Mor Rasam stands out from regular tamarind-based rasams due to its unique creamy texture and cooling nature. Unlike tamarind rasam which is tangy, this rasam gets its mild sourness from curd or buttermilk. It’s typically tempered with mustard seeds, cumin, curry leaves, and red chilies, giving it a fragrant and appetizing flavor. Freshly ground pepper,cumin add a gentle richness, while ginger or asafoetida helps improve digestion.
This dish is a perfect addition to a South Indian lunch, especially during summer when the body craves cooling foods. Since it’s light on the stomach and contains probiotics from curd, Mor Rasam is ideal for people with acidity or digestive issues . It’s naturally vegetarian and gluten-free.
Traditionally served with steamed rice and a side of vegetable stir-fry or papadam, mor rasam is a quick and easy comfort food that doesn’t compromise on taste. With just a handful of pantry staples and a few minutes, you can whip up this flavorful rasam that soothes your gut and satisfies your soul.
Whether you’re new to South Indian cuisine or a rasam lover looking for variety, buttermilk rasam is a simple, nourishing recipe you’ll want to make again and again!Check out the recipe below.
Ingredients-
Curd -1/2 cup
Turmeric powder-1/4 tsp
Salt to taste
Asafoetida-1/4 tsp
Mustard seeds-1/2 tsp
Cumin seeds-1/2 tsp
Fenugreek seeds-1/8 tsp
Red chilies-2 nos
Curry leaves-few
Coriander leaves-few
Ghee-1/2 tsp
Grind Coarsely -
Pepper-1/2 tsp
Cumin seeds-1 tsp
Green chilies-1 no
Ginger-1 inch piece
Curry leaves-few
Coriander leaves-few
Recipe Video
Method
👉Grind pepper, cumin seeds, ginger, green chilies, curry leaves and coriander leaves coarsely without adding water, set aside .

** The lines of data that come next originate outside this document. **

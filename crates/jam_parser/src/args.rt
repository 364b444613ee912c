//! Reading arguments and lists of them.
ghost use Rattle.std.specs.Prelude.{◌≡◌, ◌<◌, ◌≤◌, ◌∷◌, [], false, MatchOption, MatchResult};
ghost use Rattle.jam_grammar.specs.Spelling.{arg_syms, args_syms, lists_syms, inner_syms};
ghost use Rattle.jam_grammar.specs.Spelling as spelling;
ghost use Rattle.jam_grammar.specs.Grammar.{OneArg, Args, More, OneInner, InnerTail};
ghost use Rattle.jam_grammar.specs.declared.mark.TokenMark.TheVariants as marks;
ghost use Rattle.jam_parser.specs.Starts.{starts_arg, starts_with, StandsAfter};
ghost use Rattle.jam_parser.specs.PartReadings.{IsRead, Completes, EndsBy, in_brackets, ReadsOn};

use crate::reading::{ReadingFault, key_here, next_of, past, word_here};
use b2_base::token::Token;
use jam_expand::word::Word;
use jam_grammar::mark::TokenMark;
use jam_grammar::tree::{Arg, Inner};
use std::alloc::Global;

/// How many braces, brackets, parentheses and what counts as such may be open at once.
pub const MAX_OPEN: u8 = 64;

/// How many lists of arguments a call may have.
pub const MAX_LISTS: usize = 9;

/// Whether an argument begins here.
pub fn at_arg(rest: &[Token]) -> bool
    ensures { result ≡ starts_arg rest.now }
{
    match next_of(rest) {
        Some(
            (
                TokenMark::Plain
                | TokenMark::Query
                | TokenMark::Star
                | TokenMark::Plus
                | TokenMark::Together
                | TokenMark::Existing
                | TokenMark::Quietly
                | TokenMark::SquareOpen,
                _,
                _,
            ),
        ) => true,
        _ => false,
    }
}

/// Reads an argument, where depth are open.
#[cycle(args)]
pub fn arg<'a>(
    alloc: Global,
    rest: &'a [Token],
    depth: u8,
) -> Result<(Arg, &'a [Token]), ReadingFault<'a>>
    requires { depth ≤ 64 }
    ensures { MatchResult result (λ r. IsRead (OneArg ∷ []) rest.now depth (arg_syms r.0) r.1.now) (λ e. EndsBy (OneArg ∷ []) rest.now depth e) }
{
    match past(rest, TokenMark::SquareOpen) {
        Some(after) if depth < MAX_OPEN => bracket(alloc, after, depth),
        Some(_) => Err(ReadingFault::At(rest)),
        None => {
            let (text, after) = word_here(rest, depth)?;
            let word = Word::new(alloc, text)?;
            Ok((Arg::Word(word), after))
        }
    }
}

/// Reads what stands after an opening bracket, which is not counted in depth.
#[cycle(args)]
fn bracket<'a>(
    alloc: Global,
    rest: &'a [Token],
    depth: u8,
) -> Result<(Arg, &'a [Token]), ReadingFault<'a>>
    requires { depth < 64 }
    ensures { MatchResult result (λ r. Completes (spelling.Key marks.SquareOpen ∷ []) in_brackets rest.now depth (arg_syms r.0) r.1.now) (EndsBy in_brackets rest.now depth) }
{
    let (inner, after) = inside(alloc, rest, depth + 1)?;
    let inner = Box::new(alloc, inner)?;
    let after = key_here(after, TokenMark::SquareClose, depth)?;
    Ok((Arg::Bracket(inner), after))
}

/// Reads what stands in brackets.
#[cycle(args)]
fn inside<'a>(
    alloc: Global,
    rest: &'a [Token],
    depth: u8,
) -> Result<(Inner, &'a [Token]), ReadingFault<'a>>
    requires { depth ≤ 64 }
    ensures { MatchResult result (λ r. IsRead (OneInner ∷ []) rest.now depth (inner_syms r.0) r.1.now) (λ e. EndsBy (OneInner ∷ []) rest.now depth e) }
{
    match past(rest, TokenMark::On) {
        Some(after) if depth < MAX_OPEN => on_inside(alloc, after, depth + 1),
        Some(_) => Err(ReadingFault::At(rest)),
        None => call_inside(alloc, rest, depth),
    }
}

/// Reads a call in brackets.
#[cycle(args)]
fn call_inside<'a>(
    alloc: Global,
    rest: &'a [Token],
    depth: u8,
) -> Result<(Inner, &'a [Token]), ReadingFault<'a>>
    requires { depth ≤ 64 }
    ensures { MatchResult result (λ r. IsRead (OneArg ∷ Args ∷ More 8 ∷ []) rest.now depth (inner_syms r.0) r.1.now) (λ e. EndsBy (OneArg ∷ Args ∷ More 8 ∷ []) rest.now depth e) }
{
    let (head, after) = arg(alloc, rest, depth)?;
    let (lists, after) = lists(alloc, after, depth)?;
    Ok((Inner::Call { head, lists }, after))
}

/// Reads what stands after `on` in brackets.
#[cycle(args)]
fn on_inside<'a>(
    alloc: Global,
    rest: &'a [Token],
    depth: u8,
) -> Result<(Inner, &'a [Token]), ReadingFault<'a>>
    requires { depth ≤ 64 }
    ensures { ReadsOn result (spelling.Key marks.On ∷ []) (OneArg ∷ InnerTail ∷ []) rest.now depth (λ r. inner_syms r.0) (λ r. r.1.now) }
{
    let (target, after) = arg(alloc, rest, depth)?;
    match past(after, TokenMark::Return) {
        Some(after) => {
            let (value, after) = args(alloc, after, depth)?;
            Ok((Inner::OnReturn { target, value }, after))
        }
        None => {
            let (inner, after) = inside(alloc, after, depth)?;
            let inner = Box::new(alloc, inner)?;
            Ok((Inner::On { target, inner }, after))
        }
    }
}

/// Reads arguments as long as there are.
#[cycle(args)]
pub fn args<'a>(
    alloc: Global,
    rest: &'a [Token],
    depth: u8,
) -> Result<(Vec<Arg>, &'a [Token]), ReadingFault<'a>>
    requires { depth ≤ 64 }
    ensures { MatchResult result (λ r. IsRead (Args ∷ []) rest.now depth (args_syms r.0.items) r.1.now) (λ e. EndsBy (Args ∷ []) rest.now depth e) }
{
    let mut found = Vec::new(alloc);
    let mut left = rest;
    'each: while at_arg(left) {
        let (one, after) = arg(alloc, left, depth)?;
        found.push(one)?;
        left = after;
    }
    Ok((found, left))
}

/// What stands after the colon before one more list, if that may come and does.
fn further<'a>(rest: &'a [Token], count: usize) -> Option<&'a [Token]>
    ensures { MatchOption result (count < 9 → starts_with marks.Colon rest.now ≡ false) (λ after. (count < 9) × StandsAfter marks.Colon rest.now after.now) }
{
    if count < MAX_LISTS {
        past(rest, TokenMark::Colon)
    } else {
        None
    }
}

/// Reads one to nine lists with colons between them.
#[cycle(args)]
pub fn lists<'a>(
    alloc: Global,
    rest: &'a [Token],
    depth: u8,
) -> Result<(Vec<Vec<Arg>>, &'a [Token]), ReadingFault<'a>>
    requires { depth ≤ 64 }
    ensures { MatchResult result (λ r. IsRead (Args ∷ More 8 ∷ []) rest.now depth (lists_syms r.0.items) r.1.now) (λ e. EndsBy (Args ∷ More 8 ∷ []) rest.now depth e) }
{
    let mut found = Vec::new(alloc);
    let (first, mut left) = args(alloc, rest, depth)?;
    found.push(first)?;
    'colon: while let Some(after) = further(left, found.len()) {
        let (list, after) = args(alloc, after, depth)?;
        found.push(list)?;
        left = after;
    }
    Ok((found, left))
}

👉Whisk 1/2 cup curd add required salt, turmeric powder and asafoetida and mix well .
👉Dilute it by adding 1 & 1/2 cups of water.set aside.

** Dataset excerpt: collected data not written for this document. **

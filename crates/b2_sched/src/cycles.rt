//! The cycle of stuck steps.
ghost use Rattle.std.specs.Prelude.{◌≡◌, ◌<◌, ◌≤◌, ℕ, true, false, length, slice_index_or, IfOk, MatchOption};
ghost use Rattle.std.specs.List.{Contains};
ghost use Rattle.b2_sched.specs.Ends.{IsCycleOf};
ghost use Rattle.b2_sched.specs.NumberSets.{Has, HasNone};
ghost use Rattle.b2_sched.specs.Cycles.{NeedsIn, ArePointed, LeadTo, IsRestFrom, AreWithin, IsWalkOf};

use crate::number_set::first_in;
use b2_base::fault::OutOfMemory;
use b2_base::list::List;
use std::alloc::Global;

/// Has each of these steps lead to the number.
fn point(next: &mut Vec<u32>, dependents: &[u32], number: u32)
    requires { (i : ℕ) → Contains dependents.now i → i < length next.old.items }
    ensures { ArePointed dependents.now number next.old.items next.new.items }
{
    for dependent in dependents {
        next[*dependent as usize] = number;
    }
}

/// For each number the lowest flagged one that it needs, or 0.
pub fn next_flagged(
    alloc: Global,
    flags: &[bool],
    dependents: &[List<u32>],
) -> Result<Vec<u32>, OutOfMemory>
    requires size { length dependents.now ≡ length flags.now }
    requires few { length flags.now ≤ 65537 }
    requires none { slice_index_or flags.now 0 false ≡ false }
    requires within { (i k : ℕ) → NeedsIn dependents.now i k → i < length flags.now }
    ensures { IfOk result (λ next. LeadTo flags.now dependents.now 0 next.items) }
{
    let mut next = vec![in alloc; 0; flags.len()]?;
    let mut number = flags.len();
    while number > 0 {
        number -= 1;
        if flags[number] {
            point(&mut next, dependents[number].as_slice(), number as u32);
        }
    }
    Ok(next)
}

/// What stands in a path from the first place of a step on.
fn rest_from(alloc: Global, path: &[u32], back: u32) -> Result<Vec<u32>, OutOfMemory>
    requires { Contains path.now back }
    ensures { IfOk result (λ list. IsRestFrom path.now back list.items) }
{
    let mut place = 0;
    while path[place] != back {
        place += 1;
    }
    Ok(Vec::from_slice(alloc, &path[place..])?)
}

/// The cycle to which the walk from a step comes.
fn cycle_from(alloc: Global, next: &[u32], first: u32) -> Result<Vec<u32>, OutOfMemory>
    requires first { first < length next.now }
    requires within { AreWithin next.now }
    ensures { IfOk result (λ list. IsWalkOf next.now first list.items) }
{
    let mut seen = vec![in alloc; false; next.len()]?;
    let mut path = Vec::new(alloc);
    let mut at = first;
    while !seen[at as usize] {
        seen[at as usize] = true;
        path.push(at)?;
        at = next[at as usize];
    }
    let cycle = rest_from(alloc, &path, at)?;
    Ok(cycle)
}

/// The cycle of the flagged steps, each of which needs one of them. None where no step is flagged.
pub fn cycle_of(
    alloc: Global,
    flags: &[bool],
    dependents: &[List<u32>],
) -> Result<Option<Vec<u32>>, OutOfMemory>
    requires size { length dependents.now ≡ length flags.now }
    requires few { length flags.now ≤ 65537 }
    requires none { slice_index_or flags.now 0 false ≡ false }
    requires within { (i k : ℕ) → NeedsIn dependents.now i k → i < length flags.now }
    requires each { (i : ℕ) → Has flags.now i → ((k : ℕ) → Has flags.now k → NeedsIn dependents.now i k → ⊥) → ⊥ }
    ensures { IfOk result (λ found. MatchOption found (HasNone flags.now) (λ list. IsCycleOf (Has flags.now) (NeedsIn dependents.now) list.items)) }
{
    match first_in(flags, 0, flags.len()) {
        None => Ok(None),
        Some(first) => {
            let next = next_flagged(alloc, flags, dependents)?;
            let list = cycle_from(alloc, &next, first as u32)?;
            Ok(Some(list))
        }
    }
}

👉Heat ghee in a kadai add mustard seeds, cumin seeds, red chilies, fenugreek seeds, curry leaves and asafoetida allow it to splutter.
👉Add ground masala and sauté for few seconds in medium heat.

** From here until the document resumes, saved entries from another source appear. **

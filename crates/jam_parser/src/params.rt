//! Reading the parameters of a rule.
ghost use Rattle.std.specs.Prelude.{◌≡◌, ℕ, ◌∷◌, [], true, false, IsTrue, MatchOption, MatchResult};
ghost use Rattle.jam_grammar.specs.Spelling.{mark_syms, plist_syms};
ghost use Rattle.jam_grammar.specs.Grammar.{Params, Names, NameTail};
ghost use Rattle.jam_grammar.specs.Marks.{mark_of_token, is_name};
ghost use Rattle.jam_grammar.specs.declared.mark.TokenMark.TheVariants as marks;
ghost use Rattle.jam_parser.specs.Starts.{starts_name, starts_with, StandsAfter};
ghost use Rattle.jam_parser.specs.PartReadings.{IsRead, ComesTo, EndsBy};
ghost use Rattle.jam_parser.specs.Params.{after_name, after_list, params_read};
ghost use Rattle.jam_grammar.specs.Trees.{lists_of};

use crate::reading::{ReadingFault, next_of, past};
use b2_base::fault::OutOfMemory;
use b2_base::text::Text;
use b2_base::token::Token;
use jam_grammar::mark::TokenMark;
use jam_grammar::tree::Param;
use std::alloc::Global;

/// The name that stands here, if one may come and does, and what stands after it.
fn next_name<'a>(rest: &'a [Token], may_come: bool) -> Option<(&'a Token, &'a [Token])>
    ensures { MatchOption result (may_come ≡ true → starts_name rest.now ≡ false) (λ next. (may_come ≡ true) × (rest.now ≡ next.0.now ∷ next.1.now) × IsTrue (is_name (mark_of_token next.0.now))) }
{
    match next_of(rest) {
        Some(
            (
                TokenMark::Plain | TokenMark::Together | TokenMark::Existing | TokenMark::Quietly,
                first,
                after,
            ),
        ) if may_come => Some((first, after)),
        _ => None,
    }
}

/// The mark after a name, whether more names may come, and what stands after it.
fn mark_after(rest: &[Token]) -> (Option<char>, bool, &[Token])
    ensures { (depth : ℕ) → ComesTo (NameTail ∷ []) (after_name result.1) rest.now depth (mark_syms result.0) result.2.now }
{
    match next_of(rest) {
        Some((TokenMark::Query, _, after)) => (Some('?'), true, after),
        Some((TokenMark::Star, _, after)) => (Some('*'), false, after),
        Some((TokenMark::Plus, _, after)) => (Some('+'), false, after),
        _ => (None, true, rest),
    }
}

/// Reads names with their marks as long as there are.
fn names<'a>(
    alloc: Global,
    rest: &'a [Token],
    depth: u8,
) -> Result<(Vec<Param>, &'a [Token]), OutOfMemory>
    ensures { MatchResult result (λ r. IsRead (Names ∷ []) rest.now depth (plist_syms r.0.items) r.1.now) (λ e. Unit {0}) }
{
    let mut found = Vec::new(alloc);
    let mut left = rest;
    let mut may_come = true;
    'each: while let Some((first, after)) = next_name(left, may_come) {
        let (mark, more, after) = mark_after(after);
        let name = first.text.copy()?;
        found.push(Param { name, mark })?;
        may_come = more;
        left = after;
    }
    Ok((found, left))
}

/// Reads a list of parameters: `*` alone, which has to be the last list, or names with their marks.
fn list<'a>(
    alloc: Global,
    rest: &'a [Token],
    depth: u8,
) -> Result<(Vec<Param>, bool, &'a [Token]), OutOfMemory>
    ensures { MatchResult result (λ r. ComesTo (Params ∷ []) (after_list r.1) rest.now depth (plist_syms r.0.items) r.2.now) (λ e. Unit {0}) }
{
    match past(rest, TokenMark::Star) {
        Some(after) => {
            let mut found = Vec::new(alloc);
            let name = Text::new(alloc, "*")?;
            found.push(Param { name, mark: None })?;
            Ok((found, true, after))
        }
        None => {
            let (found, after) = names(alloc, rest, depth)?;
            Ok((found, false, after))
        }
    }
}

/// What stands after the colon before one more list, if that may come and does.
fn further<'a>(rest: &'a [Token], last: bool) -> Option<&'a [Token]>
    ensures { MatchOption result (last ≡ false → starts_with marks.Colon rest.now ≡ false) (λ after. (last ≡ false) × StandsAfter marks.Colon rest.now after.now) }
{
    if last {
        None
    } else {
        past(rest, TokenMark::Colon)
    }
}

/// Reads the lists of parameters between parentheses.
pub fn params<'a>(
    alloc: Global,
    rest: &'a [Token],
    depth: u8,
) -> Result<(Vec<Vec<Param>>, &'a [Token]), ReadingFault<'a>>
    ensures { MatchResult result (λ r. IsRead (Params ∷ []) rest.now depth (params_read (lists_of r.0.items)) r.1.now) (λ e. EndsBy (Params ∷ []) rest.now depth e) }
{
    let mut found = Vec::new(alloc);
    let (first, mut last, mut left) = list(alloc, rest, depth)?;
    found.push(first)?;
    'colon: while let Some(after) = further(left, last) {
        let (one, now_last, after) = list(alloc, after, depth)?;
        found.push(one)?;
        last = now_last;
        left = after;
    }
    Ok((found, left))
}
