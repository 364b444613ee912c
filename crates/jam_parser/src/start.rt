//! What a statement begins with.
ghost use Rattle.std.specs.Prelude.{◌≡◌};
ghost use Rattle.jam_parser.specs.Starts.{starts_stmt, line_first};
ghost use Rattle.jam_parser.specs.Begins.{IsStart};

use crate::reading::next_of;
use b2_base::token::Token;
use jam_grammar::mark::TokenMark;

/// What a statement begins with, and what stands after the key.
#[derive(Drop)]
pub enum Start<'a> {
    Argument,
    Brace,
    Local(&'a [Token]),
    Include(&'a [Token]),
    Return(&'a [Token]),
    If(&'a [Token]),
    For(&'a [Token]),
    While(&'a [Token]),
    Switch(&'a [Token]),
    Module(&'a [Token]),
    Rule(&'a [Token]),
    Actions(&'a [Token]),
    On(&'a [Token]),
    Nothing,
}

/// What a statement begins with here.
pub fn start_of(rest: &[Token]) -> Start<'_>
    ensures { IsStart rest.now result }
{
    match next_of(rest) {
        None => Start::Nothing,
        Some((mark, _, after)) => match mark {
            TokenMark::Plain
            | TokenMark::Query
            | TokenMark::Star
            | TokenMark::Plus
            | TokenMark::Together
            | TokenMark::Existing
            | TokenMark::Quietly
            | TokenMark::SquareOpen => Start::Argument,
            TokenMark::BraceOpen => Start::Brace,
            TokenMark::Local => Start::Local(after),
            TokenMark::Include => Start::Include(after),
            TokenMark::Return => Start::Return(after),
            TokenMark::If => Start::If(after),
            TokenMark::For => Start::For(after),
            TokenMark::While => Start::While(after),
            TokenMark::Switch => Start::Switch(after),
            TokenMark::Module => Start::Module(after),
            TokenMark::Rule => Start::Rule(after),
            TokenMark::Actions => Start::Actions(after),
            TokenMark::On => Start::On(after),
            TokenMark::Body
            | TokenMark::Semicolon
            | TokenMark::Colon
            | TokenMark::BraceClose
            | TokenMark::SquareClose
            | TokenMark::ParenOpen
            | TokenMark::ParenClose
            | TokenMark::Equals
            | TokenMark::PlusEquals
            | TokenMark::QueryEquals
            | TokenMark::NotEquals
            | TokenMark::Not
            | TokenMark::And
            | TokenMark::Or
            | TokenMark::Case
            | TokenMark::Else
            | TokenMark::In
            | TokenMark::Unknown => Start::Nothing,
        },
    }
}

/// Whether a statement begins here.
pub fn at_stmt(rest: &[Token]) -> bool
    ensures { result ≡ starts_stmt rest.now }
{
    !matches!(start_of(rest), Start::Nothing)
}

/// The line of the first token; zero where there is none.
pub fn line_of(rest: &[Token]) -> u32
    ensures { result ≡ line_first rest.now }
{
    match next_of(rest) {
        Some((_, first, _)) => first.line,
        None => 0,
    }
}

👉Now add the buttermilk mixture, mix well and bring to a frothy boil and immediately switch off the gas .
👉Garnish with coriander leaves and serve.
Total Preparation Time -15 minutes
Serves-3-4
Note
✍️You can add grated coconut while grinding the masala for more creamy Kerala style rasam and temper in coconut oil .
✍️You can include cooked toor dal or garlic or Ajwain or mor milagai too for more nutritious and flavourful varieties.